Supplied material section start

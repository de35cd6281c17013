//! The shortening itself. In each round the candidates of a routine are judged, and the first that
//! agrees begins the next round. A replacement makes a routine shorter, so the rounds end. In the last
//! one every candidate was refused.
//!
//! A replacement leaves the pieces before it as they were, and most of what was refused there is
//! refused again. So a round begins with the pieces from the last replacement on, and comes to those
//! before it last.
ghost use Rattle.std.specs.Prelude.{◌≡◌, ◌++◌, IfOk, All};
ghost use Rattle.jd_problem.specs.Problems.{problem_of};
ghost use Rattle.jd_pieces.specs.Candidates.{candidates, IsCandidate};
ghost use Rattle.jd_short.specs.Shortened.{IsAgreed, IsShortened, IsRound};

use crate::judgements::agreed;
use crate::refusals::{Refusal, Refusals};
use crate::shortenings::Agreed;
use hp_asm::Routine;
use hp_io::NoMemory;
use jd_cert::Cert;
use jd_judge::{Book, Judged};
use jd_pieces::{Candidate, candidates, put};
use jd_problem::Problem;
use jd_rules::RuleSet;
use jd_start::Start;
use std::alloc::Global;

/// What comes of a shortening.
#[derive(Drop)]
pub enum Shortened {
    /// A routine that came by replacements and agrees with the source, the certificate of it, and why
    /// no further piece was replaced.
    Done {
        routine: Routine,
        book: Book,
        cert: Cert,
        refusals: Refusals,
    },
    /// The judge doesn't say that the source agrees with itself.
    Not(Judged),
}

/// What comes of judging some candidates of a routine.
#[derive(Drop)]
pub enum Round {
    /// A shorter routine agrees, with the piece of this candidate replaced, counted from 0.
    Shorter(Agreed, usize),
    /// No candidate does.
    Over(Refusals),
}

/// Judges some candidates of a routine in order, up to the first that agrees.
fn judge_candidates(
    alloc: Global,
    problem: &Problem,
    routine: &Routine,
    found: &[Candidate],
    known: &mut Vec<Start>,
    rules: &RuleSet,
) -> Result<Round, NoMemory>
    requires { All (IsCandidate routine.now) found.now }
    ensures { IfOk result (IsRound (problem_of problem.now) routine.now found.now) }
{
    let mut refusals = Refusals::new(alloc);
    for candidate in found {
        match agreed(alloc, problem, put(routine, *candidate), known, rules)? {
            Ok(agreed) => return Ok(Round::Shorter(agreed, refusals.len())),
            Err(answer) => refusals.push(Refusal {
                place: candidate.place,
                row: candidate.row,
                answer,
            })?,
        }
    }
    Ok(Round::Over(refusals))
}

/// Judges all candidates of a routine: those from one on, and then those before it.
fn judge_from(
    alloc: Global,
    problem: &Problem,
    routine: &Routine,
    from: usize,
    known: &mut Vec<Start>,
    rules: &RuleSet,
) -> Result<Round, NoMemory>
    ensures { IfOk result (IsRound (problem_of problem.now) routine.now (candidates routine.now)) }
{
    let found = candidates(alloc, routine)?;
    let from = from.min(found.len());
    let later = match judge_candidates(alloc, problem, routine, &found[from..], known, rules)? {
        Round::Over(refusals) => refusals,
        Round::Shorter(next, index) => return Ok(Round::Shorter(next, from.saturating_add(index))),
    };
    match judge_candidates(alloc, problem, routine, &found[..from], known, rules)? {
        Round::Over(refusals) => Ok(Round::Over(refusals.followed_by(later)?)),
        Round::Shorter(next, index) => Ok(Round::Shorter(next, index)),
    }
}

/// Goes on from a routine that agrees, until no candidate does.
fn shorten_on(
    alloc: Global,
    problem: &Problem,
    agreed: Agreed,
    known: &mut Vec<Start>,
    rules: &RuleSet,
) -> Result<Shortened, NoMemory>
    requires { IsAgreed (problem_of problem.now) agreed }
    ensures { IfOk result (IsShortened (problem_of problem.now)) }
{
    let mut agreed = agreed;
    let mut from = 0;
    'rounds: loop {
        match judge_from(alloc, problem, &agreed.routine, from, known, rules)? {
            Round::Shorter(next, index) => {
                agreed = next;
                // The piece before the replaced one may be another now.
                from = index.saturating_sub(1);
            }
            Round::Over(refusals) => {
                let Agreed {
                    routine,
                    book,
                    cert,
                } = agreed;
                return Ok(Shortened::Done {
                    routine,
                    book,
                    cert,
                    refusals,
                });
            }
        }
    }
}

/// Replaces pieces of a problem's first routine as long as the judge shows that it agrees with the
/// source. The problem's second routine plays no part. It takes memory for the walks, the certificates
/// and their leaves.
pub fn shorten(alloc: Global, problem: &Problem, rules: &RuleSet) -> Result<Shortened, NoMemory>
    ensures { IfOk result (IsShortened (problem_of problem.now)) }
{
    let mut known = Vec::new(alloc);
    match agreed(alloc, problem, problem.first.copy(), &mut known, rules)? {
        Ok(source) => {
            let shortened = shorten_on(alloc, problem, source, &mut known, rules)?;
            Ok(shortened)
        }
        Err(judged) => Ok(Shortened::Not(judged)),
    }
}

Supplied material section end

Task goal: Nothing but a number is expected here: the number of lines in the entries that include the word "comes".

Task solution: 3